CIA: We Only Spied On Senate Intelligence Committee Because They Took Classified Documents That Prove We’re Liars
Earlier this week, we wrote about the accusations that the CIA was spying on Senate staffers on the Senate Intelligence Committee as they were working on a massive $40 million, 6,300-page report condemning the CIA’s torture program. The DOJ is apparently already investigating if the CIA violated computer hacking laws in spying on the Senate Intelligence Committee computers. The issue revolved around a draft of an internal review by the CIA, which apparently corroborates many of the Senate report’s findings — but which the CIA did not hand over to the Senate. This internal report not only supports the Senate report’s findings, but also shows that the CIA has been lying in response to questions about the terror program.
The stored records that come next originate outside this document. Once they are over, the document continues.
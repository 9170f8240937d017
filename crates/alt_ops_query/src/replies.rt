//! A page as it is answered.

ghost use Rattle.std.specs.Prelude.{◌≡◌, IfOk, OnOk, codes, option_map};
ghost use Rattle.serde_json.specs.Data.{member, no_members};
ghost use Rattle.serde_json.specs.View.{members_view};
ghost use Rattle.alt_codec.specs.Writing.{json_of_pairs};
ghost use Rattle.alt_machine.specs.Lists as machine;
ghost use Rattle.alt_ops_query.specs.private.Replied.{behind, machine_page, with_attribute, with_key};
ghost use Rattle.alt_schema.specs.Json.{member_if};
ghost use Rattle.alt_shape.specs.Body.{members_json, part_json};
ghost use Rattle.alt_shape.specs.Refusals.{answer_of};
ghost use Rattle.alt_value.specs.Item.{at_name};

use crate::selecting::selects;
use alt_base::NoMemory;
use alt_paging::Page;
use alt_schema::{IndexSchema, KeyAttr, TableSchema};
use alt_shape::{Body, Member, Part, Reply};
use alt_value::{Item, copy};
use serde_json::{Map, Value};
use std::alloc::Global;

/// The reply with a page: its counts, its items but for COUNT, and, where it ended early, the key of the last item that was examined.
pub(crate) fn page_reply(
    alloc: Global,
    schema: &TableSchema,
    index: Option<&IndexSchema>,
    body: &Map<String, Value>,
    page: Page,
) -> Result<Reply, NoMemory>
    ensures reply { IfOk result (λ reply. answer_of reply ≡ machine.page_answer schema.now
        (option_map (λ i. i.now) index.entry) (members_view body.now.entries) (machine_page page)
        page.last) }
{
    let Page {
        items,
        count,
        scanned,
        last,
        ..
    } = page;
    let mut members = Vec::with_capacity(alloc, 4)?;
    put(&mut members, "Count", Part::Count(u64::from(count)))?;
    put_items(&mut members, body, items.into_vec())?;
    put_last(alloc, &mut members, schema, index, &last)?;
    put(
        &mut members,
        "ScannedCount",
        Part::Count(u64::from(scanned)),
    )?;
    Ok(Reply {
        status: 200,
        body: Body::Members(members),
    })
}

/// Puts a member behind those that are there.
#[tactic(auto, using(crate::proofs::Shown::members_behind))]
fn put(members: &mut Vec<Member>, name: &'static str, value: Part) -> Result<(), NoMemory>
    ensures put { OnOk result (members_json members.new.items
        ≡ behind (members_json members.old.items) (member name.now (part_json value) no_members)) }
{
    members.push(Member { name, value })?;
    Ok(())
}

/// Puts the items of a page, but for COUNT.
fn put_items(
    members: &mut Vec<Member>,
    body: &Map<String, Value>,
    items: Vec<Item>,
) -> Result<(), NoMemory>
    ensures put { OnOk result (members_json members.new.items
        ≡ behind (members_json members.old.items) (member_if (codes "Items")
        (machine.shown_items (members_view body.now.entries) items.items) no_members)) }
{
    if selects(body, "COUNT") {
        return Ok(());
    }
    put(members, "Items", Part::Items(items))
}

/// Puts the key of the last item that was examined, where there is one to go on from.
#[tactic(auto, using(crate::proofs::Shown::nothing_behind))]
fn put_last(
    alloc: Global,
    members: &mut Vec<Member>,
    schema: &TableSchema,
    index: Option<&IndexSchema>,
    last: &Option<Item>,
) -> Result<(), NoMemory>
    ensures put { OnOk result (members_json members.new.items
        ≡ behind (members_json members.old.items) (member_if (codes "LastEvaluatedKey")
        (option_map (λ i. json_of_pairs (machine.key_attributes schema.now
        (option_map (λ x. x.now) index.entry) i)) last.now) no_members)) }
{
    match last {
        Some(item) => {
            let key = key_attributes(alloc, schema, index, item)?;
            put(members, "LastEvaluatedKey", Part::Item(key))
        }
        None => Ok(()),
    }
}

/// The key attributes of an item, in an index those of both keys.
fn key_attributes(
    alloc: Global,
    schema: &TableSchema,
    index: Option<&IndexSchema>,
    item: &Item,
) -> Result<Item, NoMemory>
    ensures key { IfOk result (λ key. key ≡ machine.key_attributes schema.now
        (option_map (λ i. i.now) index.entry) item.now) }
{
    let _count = item.len();
    let mut key = Item::new(alloc);
    put_key(&mut key, &schema.hash, &schema.range, item)?;
    if let Some(index) = index {
        put_key(&mut key, &index.hash, &index.range, item)?;
    }
    Ok(key)
}

/// Puts the attributes of a key of an item into its key.
fn put_key(
    key: &mut Item,
    hash: &KeyAttr,
    range: &Option<KeyAttr>,
    item: &Item,
) -> Result<(), NoMemory>
    ensures put { OnOk result (key.new ≡ with_key hash.now range.now item.now key.old) }
{
    put_attribute(key, hash, item)?;
    if let Some(range) = range {
        put_attribute(key, range, item)?;
    }
    Ok(())
}

/// Puts a key attribute of an item into its key, where the item has it.
fn put_attribute(key: &mut Item, attribute: &KeyAttr, item: &Item) -> Result<(), NoMemory>
    ensures put { OnOk result (key.new
        ≡ with_attribute attribute.now.name (at_name attribute.now.name item.now) key.old) }
{
    let name = attribute.name.as_str();
    match item.get(name) {
        Some(value) if !name.is_empty() => key.put(name, copy(value)?),
        _ => Ok(()),
    }
}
In response to all of this, it appears that the CIA is attempting, weakly, to spin this as being the Senate staffers’ fault, arguing that the real breach was the fact that the Senate staffers somehow broke the rules in obtaining that internal review. CIA boss John Brennan’s statement hints at the fact that he thinks the real problem was with the way the staffers acted, suggesting that an investigation would fault “the legislative” branch (the Senate) rather than the executive (the CIA).
In his statement on Wednesday Brennan hit back in unusually strong terms. “I am deeply dismayed that some members of the Senate have decided to make spurious allegations about CIA actions that are wholly unsupported by the facts,” Brennan said.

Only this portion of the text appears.